**Record set**:
--------------------------------
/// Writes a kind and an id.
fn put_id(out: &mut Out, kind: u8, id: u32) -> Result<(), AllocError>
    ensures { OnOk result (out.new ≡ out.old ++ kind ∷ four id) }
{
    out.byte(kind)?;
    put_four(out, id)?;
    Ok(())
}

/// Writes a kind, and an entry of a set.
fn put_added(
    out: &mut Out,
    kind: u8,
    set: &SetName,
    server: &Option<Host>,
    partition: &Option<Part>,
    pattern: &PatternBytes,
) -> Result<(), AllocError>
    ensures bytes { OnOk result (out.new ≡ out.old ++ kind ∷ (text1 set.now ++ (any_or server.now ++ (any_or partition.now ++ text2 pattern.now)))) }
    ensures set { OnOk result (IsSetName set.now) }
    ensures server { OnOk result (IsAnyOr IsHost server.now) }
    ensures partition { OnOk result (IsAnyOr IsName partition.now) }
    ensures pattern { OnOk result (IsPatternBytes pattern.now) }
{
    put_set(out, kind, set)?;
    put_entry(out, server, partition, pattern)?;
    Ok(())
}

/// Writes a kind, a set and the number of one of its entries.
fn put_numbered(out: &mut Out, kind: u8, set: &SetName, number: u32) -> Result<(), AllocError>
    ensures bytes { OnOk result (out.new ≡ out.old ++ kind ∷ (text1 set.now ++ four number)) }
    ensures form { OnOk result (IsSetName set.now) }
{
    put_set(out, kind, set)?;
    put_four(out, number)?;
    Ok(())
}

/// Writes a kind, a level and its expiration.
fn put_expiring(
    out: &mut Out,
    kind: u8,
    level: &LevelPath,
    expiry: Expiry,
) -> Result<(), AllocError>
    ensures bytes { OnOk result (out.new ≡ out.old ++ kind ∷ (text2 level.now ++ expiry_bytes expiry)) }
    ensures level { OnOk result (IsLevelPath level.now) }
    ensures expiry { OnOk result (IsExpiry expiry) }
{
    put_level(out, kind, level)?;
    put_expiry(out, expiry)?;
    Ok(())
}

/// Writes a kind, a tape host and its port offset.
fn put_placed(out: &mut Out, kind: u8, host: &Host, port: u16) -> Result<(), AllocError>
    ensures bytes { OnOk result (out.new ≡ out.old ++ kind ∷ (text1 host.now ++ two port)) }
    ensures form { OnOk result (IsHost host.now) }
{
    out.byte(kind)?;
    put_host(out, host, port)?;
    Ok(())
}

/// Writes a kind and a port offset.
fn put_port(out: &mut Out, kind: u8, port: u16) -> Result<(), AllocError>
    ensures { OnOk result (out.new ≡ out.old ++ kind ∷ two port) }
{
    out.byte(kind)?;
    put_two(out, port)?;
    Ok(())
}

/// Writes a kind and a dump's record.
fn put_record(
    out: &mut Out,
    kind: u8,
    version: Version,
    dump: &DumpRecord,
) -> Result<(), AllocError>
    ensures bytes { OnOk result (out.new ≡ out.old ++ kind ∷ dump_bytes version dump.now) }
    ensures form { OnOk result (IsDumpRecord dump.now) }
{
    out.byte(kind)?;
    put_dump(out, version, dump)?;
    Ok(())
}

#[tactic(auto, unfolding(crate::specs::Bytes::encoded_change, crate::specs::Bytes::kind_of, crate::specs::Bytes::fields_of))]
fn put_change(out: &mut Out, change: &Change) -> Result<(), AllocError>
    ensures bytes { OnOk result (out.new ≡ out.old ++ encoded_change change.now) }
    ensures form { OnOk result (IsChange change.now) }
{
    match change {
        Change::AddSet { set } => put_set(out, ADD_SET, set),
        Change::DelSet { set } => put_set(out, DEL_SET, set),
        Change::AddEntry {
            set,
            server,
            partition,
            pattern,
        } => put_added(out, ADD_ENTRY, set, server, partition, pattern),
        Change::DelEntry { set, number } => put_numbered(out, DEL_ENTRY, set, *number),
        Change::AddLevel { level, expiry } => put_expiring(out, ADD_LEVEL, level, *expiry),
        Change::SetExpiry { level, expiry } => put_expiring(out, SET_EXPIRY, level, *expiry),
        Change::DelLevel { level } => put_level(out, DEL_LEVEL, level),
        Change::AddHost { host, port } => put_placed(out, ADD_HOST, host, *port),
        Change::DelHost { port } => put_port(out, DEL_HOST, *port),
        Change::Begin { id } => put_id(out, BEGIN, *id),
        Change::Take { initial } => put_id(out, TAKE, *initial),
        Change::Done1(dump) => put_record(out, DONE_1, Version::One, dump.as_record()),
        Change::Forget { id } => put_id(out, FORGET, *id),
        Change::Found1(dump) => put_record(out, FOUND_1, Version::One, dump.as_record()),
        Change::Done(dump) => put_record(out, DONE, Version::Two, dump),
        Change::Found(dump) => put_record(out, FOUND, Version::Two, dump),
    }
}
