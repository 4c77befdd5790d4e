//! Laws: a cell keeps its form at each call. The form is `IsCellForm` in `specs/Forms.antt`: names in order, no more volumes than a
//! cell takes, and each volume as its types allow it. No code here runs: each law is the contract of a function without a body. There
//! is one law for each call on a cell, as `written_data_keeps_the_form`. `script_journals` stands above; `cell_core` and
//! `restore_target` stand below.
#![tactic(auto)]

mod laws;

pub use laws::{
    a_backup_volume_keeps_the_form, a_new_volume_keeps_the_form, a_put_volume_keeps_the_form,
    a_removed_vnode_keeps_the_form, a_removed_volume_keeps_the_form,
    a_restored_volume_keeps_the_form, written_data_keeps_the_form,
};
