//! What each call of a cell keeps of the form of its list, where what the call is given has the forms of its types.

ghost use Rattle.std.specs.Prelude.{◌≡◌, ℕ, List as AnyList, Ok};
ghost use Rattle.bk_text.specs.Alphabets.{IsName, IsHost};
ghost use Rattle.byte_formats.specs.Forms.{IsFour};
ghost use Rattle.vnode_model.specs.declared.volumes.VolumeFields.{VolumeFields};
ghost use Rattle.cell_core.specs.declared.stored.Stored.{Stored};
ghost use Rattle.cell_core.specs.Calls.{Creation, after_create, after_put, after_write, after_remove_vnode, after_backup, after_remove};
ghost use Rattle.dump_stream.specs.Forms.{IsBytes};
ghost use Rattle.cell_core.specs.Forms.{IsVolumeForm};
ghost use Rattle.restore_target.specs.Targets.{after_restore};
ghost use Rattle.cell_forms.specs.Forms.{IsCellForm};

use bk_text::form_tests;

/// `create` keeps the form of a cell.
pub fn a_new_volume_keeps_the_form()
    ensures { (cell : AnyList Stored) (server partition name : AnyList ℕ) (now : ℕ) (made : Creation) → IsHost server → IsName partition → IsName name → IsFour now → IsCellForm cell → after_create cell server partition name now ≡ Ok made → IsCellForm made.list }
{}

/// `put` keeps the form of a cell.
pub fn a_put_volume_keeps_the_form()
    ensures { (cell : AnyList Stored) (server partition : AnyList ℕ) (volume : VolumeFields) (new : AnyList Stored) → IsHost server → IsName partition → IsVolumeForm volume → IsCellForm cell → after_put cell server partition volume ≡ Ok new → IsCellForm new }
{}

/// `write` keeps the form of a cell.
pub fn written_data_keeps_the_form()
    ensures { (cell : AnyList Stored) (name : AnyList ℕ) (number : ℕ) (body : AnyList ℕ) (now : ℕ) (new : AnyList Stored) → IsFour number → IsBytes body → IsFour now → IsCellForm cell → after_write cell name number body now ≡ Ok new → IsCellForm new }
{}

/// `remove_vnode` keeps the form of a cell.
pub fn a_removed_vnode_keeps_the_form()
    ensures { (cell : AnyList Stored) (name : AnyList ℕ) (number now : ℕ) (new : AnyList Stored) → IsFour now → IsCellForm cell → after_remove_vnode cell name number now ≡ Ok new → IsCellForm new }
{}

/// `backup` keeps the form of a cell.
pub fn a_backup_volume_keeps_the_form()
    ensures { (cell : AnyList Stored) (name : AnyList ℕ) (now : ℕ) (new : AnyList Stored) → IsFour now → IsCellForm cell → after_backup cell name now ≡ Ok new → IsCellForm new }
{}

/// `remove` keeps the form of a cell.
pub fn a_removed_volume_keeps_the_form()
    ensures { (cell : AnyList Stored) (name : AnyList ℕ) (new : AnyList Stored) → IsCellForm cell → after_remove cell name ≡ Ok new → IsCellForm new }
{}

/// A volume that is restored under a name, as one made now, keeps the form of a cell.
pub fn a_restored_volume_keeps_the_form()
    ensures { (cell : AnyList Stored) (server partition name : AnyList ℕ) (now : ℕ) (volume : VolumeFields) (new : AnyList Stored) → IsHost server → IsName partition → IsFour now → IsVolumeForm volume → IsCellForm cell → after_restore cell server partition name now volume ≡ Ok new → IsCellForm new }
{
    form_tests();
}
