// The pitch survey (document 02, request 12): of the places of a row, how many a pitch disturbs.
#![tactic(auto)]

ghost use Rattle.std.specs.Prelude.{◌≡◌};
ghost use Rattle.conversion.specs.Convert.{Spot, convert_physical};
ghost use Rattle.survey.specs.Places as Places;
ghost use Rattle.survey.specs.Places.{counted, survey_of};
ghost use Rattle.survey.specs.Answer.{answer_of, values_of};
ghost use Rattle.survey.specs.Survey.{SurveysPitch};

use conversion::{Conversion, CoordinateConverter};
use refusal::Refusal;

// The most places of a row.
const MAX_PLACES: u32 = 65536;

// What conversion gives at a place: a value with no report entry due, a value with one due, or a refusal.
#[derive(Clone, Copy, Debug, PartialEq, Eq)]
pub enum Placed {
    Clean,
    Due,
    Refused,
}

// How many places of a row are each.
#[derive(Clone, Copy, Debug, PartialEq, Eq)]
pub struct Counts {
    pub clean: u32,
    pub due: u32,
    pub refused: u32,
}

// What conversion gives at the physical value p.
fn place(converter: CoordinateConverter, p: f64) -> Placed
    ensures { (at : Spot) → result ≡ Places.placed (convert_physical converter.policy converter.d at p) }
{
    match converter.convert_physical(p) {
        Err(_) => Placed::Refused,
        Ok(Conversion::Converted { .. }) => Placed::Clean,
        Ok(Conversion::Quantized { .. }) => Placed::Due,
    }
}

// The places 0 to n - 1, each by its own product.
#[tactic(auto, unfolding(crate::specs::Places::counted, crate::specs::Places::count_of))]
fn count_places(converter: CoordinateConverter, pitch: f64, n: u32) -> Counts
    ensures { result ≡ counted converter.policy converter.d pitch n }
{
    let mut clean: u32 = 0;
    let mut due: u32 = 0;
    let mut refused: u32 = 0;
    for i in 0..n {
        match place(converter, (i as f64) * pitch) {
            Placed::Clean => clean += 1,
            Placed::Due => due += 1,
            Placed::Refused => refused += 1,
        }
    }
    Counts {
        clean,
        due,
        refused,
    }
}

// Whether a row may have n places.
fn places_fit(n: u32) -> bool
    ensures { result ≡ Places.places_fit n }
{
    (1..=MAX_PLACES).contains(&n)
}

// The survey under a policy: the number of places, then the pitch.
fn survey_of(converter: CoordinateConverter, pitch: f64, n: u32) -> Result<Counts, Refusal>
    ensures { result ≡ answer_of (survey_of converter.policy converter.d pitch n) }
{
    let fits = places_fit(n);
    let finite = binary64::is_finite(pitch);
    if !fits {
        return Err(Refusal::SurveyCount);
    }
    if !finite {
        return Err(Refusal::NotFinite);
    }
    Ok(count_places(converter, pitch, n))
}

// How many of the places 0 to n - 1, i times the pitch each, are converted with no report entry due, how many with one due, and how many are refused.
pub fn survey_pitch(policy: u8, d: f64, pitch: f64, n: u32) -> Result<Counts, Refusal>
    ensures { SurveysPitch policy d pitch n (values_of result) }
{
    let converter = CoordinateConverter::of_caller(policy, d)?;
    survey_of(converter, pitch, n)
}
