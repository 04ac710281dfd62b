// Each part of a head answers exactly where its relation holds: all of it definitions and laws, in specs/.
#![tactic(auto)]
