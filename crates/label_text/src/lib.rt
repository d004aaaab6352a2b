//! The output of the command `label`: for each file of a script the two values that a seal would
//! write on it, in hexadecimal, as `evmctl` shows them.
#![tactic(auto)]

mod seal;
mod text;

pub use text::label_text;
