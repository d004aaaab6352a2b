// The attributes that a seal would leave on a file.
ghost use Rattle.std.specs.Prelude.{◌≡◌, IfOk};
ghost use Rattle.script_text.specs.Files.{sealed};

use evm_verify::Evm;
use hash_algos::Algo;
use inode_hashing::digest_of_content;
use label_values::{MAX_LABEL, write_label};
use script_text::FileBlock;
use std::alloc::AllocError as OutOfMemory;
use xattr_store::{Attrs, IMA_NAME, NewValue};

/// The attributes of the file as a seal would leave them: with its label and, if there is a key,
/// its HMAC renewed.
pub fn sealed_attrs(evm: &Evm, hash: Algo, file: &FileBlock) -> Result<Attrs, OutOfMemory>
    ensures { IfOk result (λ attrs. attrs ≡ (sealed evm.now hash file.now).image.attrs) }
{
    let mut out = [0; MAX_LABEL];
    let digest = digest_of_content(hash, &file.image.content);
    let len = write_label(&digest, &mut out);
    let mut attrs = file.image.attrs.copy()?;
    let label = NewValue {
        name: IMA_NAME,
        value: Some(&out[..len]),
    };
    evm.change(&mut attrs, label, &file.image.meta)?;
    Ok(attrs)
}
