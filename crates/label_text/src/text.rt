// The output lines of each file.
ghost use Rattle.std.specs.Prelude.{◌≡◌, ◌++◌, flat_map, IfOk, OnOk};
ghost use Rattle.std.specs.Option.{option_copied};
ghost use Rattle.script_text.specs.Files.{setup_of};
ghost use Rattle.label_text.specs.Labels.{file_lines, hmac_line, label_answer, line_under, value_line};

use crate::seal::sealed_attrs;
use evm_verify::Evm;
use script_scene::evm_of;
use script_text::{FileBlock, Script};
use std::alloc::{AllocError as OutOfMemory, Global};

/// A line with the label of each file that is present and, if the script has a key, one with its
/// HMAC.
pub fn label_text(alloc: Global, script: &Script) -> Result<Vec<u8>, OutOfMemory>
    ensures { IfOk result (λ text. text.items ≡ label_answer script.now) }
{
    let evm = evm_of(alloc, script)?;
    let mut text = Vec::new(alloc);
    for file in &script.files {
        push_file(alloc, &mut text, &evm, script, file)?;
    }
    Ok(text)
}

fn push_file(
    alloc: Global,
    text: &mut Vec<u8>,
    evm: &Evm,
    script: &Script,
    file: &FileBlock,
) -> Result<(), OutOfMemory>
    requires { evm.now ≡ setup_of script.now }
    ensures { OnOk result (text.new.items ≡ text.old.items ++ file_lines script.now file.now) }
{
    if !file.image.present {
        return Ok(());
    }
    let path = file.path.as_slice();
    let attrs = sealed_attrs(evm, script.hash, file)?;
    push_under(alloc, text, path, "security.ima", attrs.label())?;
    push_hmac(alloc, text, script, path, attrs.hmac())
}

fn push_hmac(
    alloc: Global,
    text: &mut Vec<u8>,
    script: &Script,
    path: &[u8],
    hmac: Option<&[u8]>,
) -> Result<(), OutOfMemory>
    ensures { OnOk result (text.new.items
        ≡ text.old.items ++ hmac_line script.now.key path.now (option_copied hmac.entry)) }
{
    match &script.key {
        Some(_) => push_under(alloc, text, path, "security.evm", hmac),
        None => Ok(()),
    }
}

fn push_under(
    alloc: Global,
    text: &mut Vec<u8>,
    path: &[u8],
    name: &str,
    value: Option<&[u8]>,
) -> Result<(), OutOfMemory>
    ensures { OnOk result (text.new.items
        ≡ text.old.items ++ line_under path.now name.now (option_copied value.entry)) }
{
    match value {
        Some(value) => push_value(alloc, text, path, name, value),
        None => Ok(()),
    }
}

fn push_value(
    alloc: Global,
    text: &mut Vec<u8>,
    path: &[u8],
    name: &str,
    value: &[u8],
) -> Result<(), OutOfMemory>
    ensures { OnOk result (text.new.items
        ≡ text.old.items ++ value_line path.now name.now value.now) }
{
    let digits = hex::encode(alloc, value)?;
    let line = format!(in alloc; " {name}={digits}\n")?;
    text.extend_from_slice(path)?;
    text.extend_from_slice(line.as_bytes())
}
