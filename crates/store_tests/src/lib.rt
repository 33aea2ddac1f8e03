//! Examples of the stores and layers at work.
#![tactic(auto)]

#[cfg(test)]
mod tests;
--------------------------------
**Your objective**:
Give the lines again, exactly as they stand, from the beginning of the data through the line with "a port offset.".

**Answer space**:
/// Writes a kind and an id.
fn put_id(out: &mut Out, kind: u8, id: u32) -> Result<(), AllocError>
    ensures { OnOk result (out.new ≡ out.old ++ kind ∷ four id) }
{
    out.byte(kind)?;
    put_four(out, id)?;
    Ok(())
}

/// Writes a kind, and an entry of a set.
fn put_added(
    out: &mut Out,
    kind: u8,
    set: &SetName,
    server: &Option<Host>,
    partition: &Option<Part>,
    pattern: &PatternBytes,
) -> Result<(), AllocError>
    ensures bytes { OnOk result (out.new ≡ out.old ++ kind ∷ (text1 set.now ++ (any_or server.now ++ (any_or partition.now ++ text2 pattern.now)))) }
    ensures set { OnOk result (IsSetName set.now) }
    ensures server { OnOk result (IsAnyOr IsHost server.now) }
    ensures partition { OnOk result (IsAnyOr IsName partition.now) }
    ensures pattern { OnOk result (IsPatternBytes pattern.now) }
{
    put_set(out, kind, set)?;
    put_entry(out, server, partition, pattern)?;
    Ok(())
}

/// Writes a kind, a set and the number of one of its entries.
fn put_numbered(out: &mut Out, kind: u8, set: &SetName, number: u32) -> Result<(), AllocError>
    ensures bytes { OnOk result (out.new ≡ out.old ++ kind ∷ (text1 set.now ++ four number)) }
    ensures form { OnOk result (IsSetName set.now) }
{
    put_set(out, kind, set)?;
    put_four(out, number)?;
    Ok(())
}

/// Writes a kind, a level and its expiration.
fn put_expiring(
    out: &mut Out,
    kind: u8,
    level: &LevelPath,
    expiry: Expiry,
) -> Result<(), AllocError>
    ensures bytes { OnOk result (out.new ≡ out.old ++ kind ∷ (text2 level.now ++ expiry_bytes expiry)) }
    ensures level { OnOk result (IsLevelPath level.now) }
    ensures expiry { OnOk result (IsExpiry expiry) }
{
    put_level(out, kind, level)?;
    put_expiry(out, expiry)?;
    Ok(())
}

/// Writes a kind, a tape host and its port offset.
fn put_placed(out: &mut Out, kind: u8, host: &Host, port: u16) -> Result<(), AllocError>
    ensures bytes { OnOk result (out.new ≡ out.old ++ kind ∷ (text1 host.now ++ two port)) }
    ensures form { OnOk result (IsHost host.now) }
{
    out.byte(kind)?;
    put_host(out, host, port)?;
    Ok(())
}

/// Writes a kind and a port offset.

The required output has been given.